The conditional mandatory general offer (MGO) of 60 sen per share is deemed fair by many analysts, as it represents a price-to-book value of 0.5 times, which is in line with comparable companies in the property development sector.

However, there might still be investors who would like to hold on to their shares in Eastern & Oriental Bhd, especially because the offeror Amazing Parade Sdn Bhd and its parties acting in concert (PAC) do not intend to take the group private.

The offer price of 60 sen too is considered quite low on a historical basis. Some of the substantial shareholders’ entry prices are quite high, as they bought the stakes years ago when E&O’s share price was much higher than it is now.

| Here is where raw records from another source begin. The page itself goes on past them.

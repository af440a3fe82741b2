//! The top calls: words, an input and an output to a status.

ghost use Rattle.std.specs.Prelude.{◌≡◌, ◌≤◌, ◌↔◌, ℕ, None, IsSome, codes, take};
ghost use Rattle.std.specs.Io.KnownBytes.{Appends};
ghost use Rattle.cts_io.specs.Faults.{Rose};
ghost use Rattle.cts_top.specs.Log.{log_of, no_log};
ghost use Rattle.cts_top.specs.Memos.{HasLog, HoldsMemo, KeepsMemo};
ghost use Rattle.cts_top.specs.Outcome.{status_of};
ghost use Rattle.cts_top.specs.Runs.{AnswersWords, Runs};
ghost use Rattle.cts_top.specs.Words.{IsForm, IsFormAlone};

use crate::notes::write_note;
use crate::outcome::{Kept, Outcome};
use crate::serve::{serve, serve_alone};
use crate::stop::{Answer, Stop, status_of};
use crate::words::{Form, form_of};
use cts_io::{ByteSink, ByteSource};
use cts_notes::Status;
use cts_work::Gate;
use std::alloc::Global;
use std::sync::Wait;
use std::thread::Threads;

/// Does what the words ask for, where one thread serves it.
fn answer_alone<R: Threads + Sync, S: ByteSource, K: ByteSink>(
    rt: &R,
    alloc: Global,
    words: &[String],
    source: &mut S,
    sink: &mut K,
) -> Result<Answer, Stop>
    ensures { AnswersWords (IsFormAlone words.now) no_log
        (record { tells = S.left; faults = S.faults; before = source.old; after = source.new })
        (record { tells = K.held; faults = K.faults; before = sink.old; after = sink.new }) result }
{
    match form_of(words) {
        Some(form) => serve_alone(rt, alloc, form, source, sink),
        None => Err(Stop::Words),
    }
}

/// Does what the words ask for, by as many workers or callers as they ask for, and gives what these leave.
fn answer<R: Threads + Wait + Sync, S: ByteSource, K: ByteSink, G: Gate>(
    rt: &R,
    alloc: Global,
    words: &[String],
    source: &mut S,
    sink: &mut K,
    gate: &G,
) -> (Result<Answer, Stop>, Kept)
    ensures answers { AnswersWords (IsForm words.now) (log_of result.1.history result.1.replies)
        (record { tells = S.left; faults = S.faults; before = source.old; after = source.new })
        (record { tells = K.held; faults = K.faults; before = sink.old; after = sink.new }) result.0 }
    ensures kept { IsSome result.1.memo ↔ KeepsMemo (IsForm words.now) (status_of result.0) }
    ensures memo { (form : Form) → IsForm words.now form
        → HoldsMemo (log_of result.1.history result.1.replies) form (S.left source.old) result.1.memo }
    ensures log { HasLog (IsForm words.now) (status_of result.0) (log_of result.1.history result.1.replies) }
{
    match form_of(words) {
        Some(form) => serve(rt, alloc, gate, form, source, sink),
        None => (Err(Stop::Words), Kept::without_log(alloc, None)),
    }
}

/// Runs the program on its words, its input and its output, and tells the notes why nothing came
/// out whole where nothing did. The words are `synth W`, `check`, `edit`, `make SEED N`, `job SEED N W`, with W
/// from 1 to 64, `trunk STEP J`, `near` or `replay`.
///
/// - `Done`: the text was written, and nothing else. For `synth W` it is the report of the instance that
///   the input spells, the same for every number of workers; for `check` the line `yes`, since what
///   follows the instance in the input is the report of a sound tree; for `edit` the history of all
///   accepted edits, with the replies to each caller of the scripts that follow the instance in the input,
///   and then the report of the tree of the sinks after it, as a synthesis without callers makes it; for
///   `replay` the changes that are done after the steps that follow the instance in the input, with the reply
///   to each step, and then the report of the tree of the sinks after these changes; for
///   `make` the canonical text of the instance that is made from the seed; for `job` the summary of that
///   instance's tree; for `trunk` the trunk of the tree of the instance that the input spells, with repeaters of
///   the library's buffer J at the multiples of STEP, and then the report of that tree; for `near` the report of
///   the instance's tree over its nearest-pair topology.
/// - `No`, for `check` alone: exactly where what follows the instance is not that; the line that says at which line
///   it is no text of a report, or which rule it breaks first at which node, was written, and nothing else.
/// - `NoTree`, for all forms but `check` and `make`: the instance, for `edit` and `replay` with the sinks after the
///   history, has no tree, since a node, or for `near` a step, is beyond the limits or no route reaches a node; the
///   line that says so was written, for `edit` and `replay` after the history, and nothing else.
/// - `NoTrunk`, for `trunk` alone: exactly where the tree has no such trunk, since the library has no buffer J, or
///   more than 65,536 repeaters would stand there, or a delay would be beyond the limits; the line that says which
///   was written, and nothing else.
/// - `Words`: exactly where the words are none of these forms; source and sink are as they were.
/// - `Refused`: exactly where an input is read that spells no instance, or for `check` begins with none, or
///   for `edit` spells none with scripts after it, or for `replay` none with steps after it, or for `near` spells
///   one of more than 2,048 sinks, or is longer than 64 MiB; the sink is as it was.
/// - `ReadFault`, `WriteFault`: only where the count of faults of source or sink rose in this call.
///   After a write fault the sink holds its old bytes and a front of the text.
/// - `NoMemory`: after the words and before the first write; the sink is as it was.
///
/// `make` and `job` leave the source as it is. The notes get at most one line. Where they fail they get a front
/// of it, and nothing else changes.
///
/// What several workers make is published in a memo, from which the callers of `edit` draw their trees. The
/// outcome has its table at the statuses `Done`, `NoTree` and `WriteFault`, and for `edit` the history and
/// the replies that the text tells. The gate is called as workers and callers go. One worker goes the way
/// of [`run_alone`], without a memo.
///
/// Callers wait for each other, and calls of a memo may wait, so no clause says that this call returns.
pub fn run<R: Threads + Wait + Sync, S: ByteSource, K: ByteSink, N: ByteSink, G: Gate>(
    rt: &R,
    alloc: Global,
    words: &[String],
    source: &mut S,
    sink: &mut K,
    notes: &mut N,
    gate: &G,
) -> Outcome
    ensures runs { Runs (IsForm words.now) (log_of result.history result.replies)
        (record { tells = S.left; faults = S.faults; before = source.old; after = source.new })
        (record { tells = K.held; faults = K.faults; before = sink.old; after = sink.new })
        (record { tells = N.held; faults = N.faults; before = notes.old; after = notes.new }) result.status }

    // The memo is there exactly where workers or callers had one and the status tells of a tree ..
    ensures memo_kept { IsSome result.memo ↔ KeepsMemo (IsForm words.now) result.status }
    // .. and it is that of the instance.
    ensures memo { (form : Form) → IsForm words.now form
        → HoldsMemo (log_of result.history result.replies) form (S.left source.old) result.memo }

    // History and replies are those of callers, or empty.
    ensures log { HasLog (IsForm words.now) result.status (log_of result.history result.replies) }
{
    let (ending, kept) = answer(rt, alloc, words, source, sink, gate);
    // A note that can't be written changes nothing.
    let _ = write_note(notes, &ending);
    kept.outcome(status_of(&ending))
}

/// Runs the program on its words, its input and its output, and tells the notes why nothing came
/// out whole where nothing did. The words are `synth 1`, `check`, `make SEED N`, `job SEED N 1`, `trunk STEP J`,
/// `near` or `replay`. It takes one thread, but for sums of `check`, and returns.
///
/// What it does is what [`run`] does on these words, and on others it ends with `Words`.
///
/// - `Done`: the text was written, and nothing else. For `synth 1` it is the report of the instance that
///   the input spells; for `check` the line `yes`, since what follows the instance in the input is the
///   report of a sound tree; for `replay` the changes that are done after the steps that follow the instance
///   in the input, with the reply to each step, and then the report of the tree of the sinks after these
///   changes; for `make` the canonical text of the instance that is made from the seed; for `job` the summary
///   of that instance's tree; for `trunk` the trunk of the tree with repeaters, and then its report; for `near`
///   the report of the instance's tree over its nearest-pair topology.
/// - `No`, for `check` alone: exactly where what follows the instance is not that; the line that says at which line
///   it is no text of a report, or which rule it breaks first at which node, was written, and nothing else.
/// - `NoTree`, for all forms but `check` and `make`: the instance, for `replay` with the sinks after these changes,
///   has no tree, since a node, or for `near` a step, is beyond the limits or no route reaches a node; the line that
///   says so was written, for `replay` after the changes and replies, and nothing else.
/// - `NoTrunk`, for `trunk` alone: exactly where the tree has no such trunk; the line that says why was written, and
///   nothing else.
/// - `Words`: exactly where the words are none of these forms; source and sink are as they were.
/// - `Refused`: exactly where an input is read that spells no instance, or for `check` begins with none, or for `replay`
///   spells none with steps after it, or for `near` spells one of more than 2,048 sinks, or is longer than 64 MiB; the
///   sink is as it was.
/// - `ReadFault`, `WriteFault`: only where the count of faults of source or sink rose in this call.
///   After a write fault the sink holds its old bytes and a front of the text.
/// - `NoMemory`: after the words and before the first write; the sink is as it was.
///
/// `make` and `job` leave the source as it is. The notes get at most one line. Where they fail they get a front
/// of it, and nothing else changes.
pub fn run_alone<R: Threads + Sync, S: ByteSource, K: ByteSink, N: ByteSink>(
    rt: &R,
    alloc: Global,
    words: &[String],
    source: &mut S,
    sink: &mut K,
    notes: &mut N,
) -> Outcome
    ensures runs { Runs (IsFormAlone words.now) no_log
        (record { tells = S.left; faults = S.faults; before = source.old; after = source.new })
        (record { tells = K.held; faults = K.faults; before = sink.old; after = sink.new })
        (record { tells = N.held; faults = N.faults; before = notes.old; after = notes.new }) result.status }
    ensures memo { result.memo ≡ None }
    ensures log { log_of result.history result.replies ≡ no_log }
{
    let ending = answer_alone(rt, alloc, words, source, sink);
    // A note that can't be written changes nothing.
    let _ = write_note(notes, &ending);
    Kept::without_log(alloc, None).outcome(status_of(&ending))
}

/// Ends a run whose words found no memory, and tells the notes so.
pub fn end_without_memory<N: ByteSink>(alloc: Global, notes: &mut N) -> Outcome
    ensures status { result.status ≡ Status.NoMemory }
    ensures memo { result.memo ≡ None }
    ensures log { log_of result.history result.replies ≡ no_log }
    ensures counted { N.faults notes.old ≤ N.faults notes.new }
    ensures note { (Rose (N.faults notes.old) (N.faults notes.new) → ⊥)
        → Appends (N.held notes.old) (N.held notes.new) (codes "no memory\n") }
    ensures front { (count : ℕ) × Appends (N.held notes.old) (N.held notes.new) (take count (codes "no memory\n")) }
{
    let ending = Err(Stop::NoMemory);
    // A note that can't be written changes nothing.
    let _ = write_note(notes, &ending);
    Kept::without_log(alloc, None).outcome(status_of(&ending))
}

Sime Darby Bhd, the seller of the 10.98% stake to Amazing Parade, originally acquired 318.3 million shares in E&O in September 2011, at RM2.30 apiece. Sime Darby owned 30% of E&O back then.

Besides Amazing Parade, which is the private investment vehicle of Kerjaya Propek Group Bhd’s founder Datuk Tee Eng Ho, the other major shareholder of E&O is Tan Sri Wan Azmi Wan Hamzah through Sweetwater SPV Sdn Bhd, with a 9.1% stake.

Wan Azmi acquired the stake in March 2019. He is likely to continue to hold the stake in E&O, as he had said, when interviewed by The Edge Financial Daily then, that he was committed to taking a long-term view of a company that one has little to dislike.

Interestingly, when Wan Azmi acquired the stake in 2019, it was the second time he emerged as a substantial shareholder in E&O. The first stint was between 2005 and 2011. He exited when Sweetwater SPV sold 9.1% of its stake in E&O to Sime Darby.

The disposal to Sime Darby became an issue back then, as Sweetwater SPV was alleged to have acted in concert with Datuk Terry Tham and GK Goh Holdings Ltd to sell their shares. The price of RM2.30 per share was a 59% premium to the prevailing market price of the shares at that time.

Tham had disposed of a 12.2% stake, which left him holding 5.15%, whereas GK Goh Holdings sold 9.5%, cutting its stake to 3.5%. The allegation was that the three parties had acted in concert to get Sime Darby to buy their shares.

Securities Commission Malaysia declared, however, that Sime Darby did not have to offer MGO to the rest of the shareholders.

Besides Wan Azmi, Kumpulan Wang Persaraan (Diperbadankan) (KWAP) is also a substantial shareholder of E&O. As at March 4, KWAP owned a 6.73% stake in E&O. KWAP first emerged as a substantial shareholder in E&O in May 2017.

KWAP emerged as a substantial shareholder after subscribing for 63 million E&O shares as part of the group’s private placement back then. The shares were issued at RM1.84 each, raising RM115.92 million.

Over the past year, E&O’s share price has been rising, from 37 sen on April 1, 2020, to 61 sen as at last Thursday. Still, this is way off the RM2.17 five-year high that the counter reached on March 27, 2017.